Edit: Much has changed since this has written, but it is still a great tool to run multiple operating systems on the same machine.

Originally posted May 2004 by IBM Systems Magazine

So you’ve heard Linux is the wave of the future and you want to try it out, but you don’t have a spare machine to load it on? You find yourself on the road with one laptop but would like to be able to run more than one operating system without dual booting? You’re already running Linux as your desktop OS and have the occasional need to run Windows applications? You do development work and need test machines to crash and burn? VMware may be the right solution for you.

At vmware.com, you can download the trial version and try a demo version of this software for 30 days or purchase the software from the Web site. There’s good documentation on the site to give you a more thorough overview of what you can expect when you run the software, and it goes into detail about the VMware server offerings. I’ll be focusing on the workstation version of VMware.

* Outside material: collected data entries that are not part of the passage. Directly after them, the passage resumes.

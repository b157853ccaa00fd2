//! The places of a release: for each unit, each query of its level and each class of the query; and what was measured there.
#![tactic(auto)]

mod fault;
mod index;
mod judge;
mod measurements;
mod place;
mod reader;
mod spot;
mod writer;

pub use fault::MeaFault;
pub use measurements::Measurements;
pub use place::{Place, count, place_at};
pub use reader::read_measurements;
pub use writer::write_measurements;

Once you’ve loaded the software, configured the amount of memory and disk you plan to allocate to your virtual machine, and decided which type of networking support you want, you’re ready to power it on. You treat VMware like a regular PC, and you can create as many virtual machines as you like. This way you can run RedHat, SUSE, Debian, Gentoo, Mandrake and Windows 95, 98, or XP all on the same computer at the same time. (Although I wouldn’t recommend trying to run them all at once, unless you have a huge amount of RAM.) Put the boot CD for the OS into the CD-ROM drive, press the virtual power button and your virtual machine will load your OS for you.

Once you’ve loaded and patched your OS, you can load the VMware tools package. From the Web site, “With the VMware Tools SVGA driver installed, Workstation supports significantly faster graphics performance. The VMware Tools package provides support required for shared folders and for drag and drop operations. Other tools in the package support synchronization of time in the guest operating system with time on the host, automatic grabbing and releasing of the mouse cursor, copying and pasting between guest and host, and improved mouse performance in some guest operating systems.”

I find that VMware really shines when I put it into full screen mode, and forget that I’m even running a guest operating system. I use the machine as if it were running Linux natively, until I find I need to do something in Windows, at which time I “Ctrl-Alt” back into my Windows session. Then, when I’m finished, I either power down the virtual machine (shutdown -h now) or just hit the suspend button to hibernate my virtual session so that I can pick it up where I left off the next time I want to use that OS.

Another nice feature is the ability to take the disk files (Linux.vmdk) that represent my current hard drive configuration and copy them to CD or send them over the network to a coworker. That coworker can then boot your exact machine configuration to help you look at bugs, see how your desktop is set up or see exactly how your OS is configured.

If your organization finds that it doesn’t have the funds to allocate to a room full of test machines, or you need to take multiple machines with you for a presentation or demo, VMware is a solution to consider. Why settle for running Linux on that old machine in the corner when you can run it at the same time you run your primary workstation?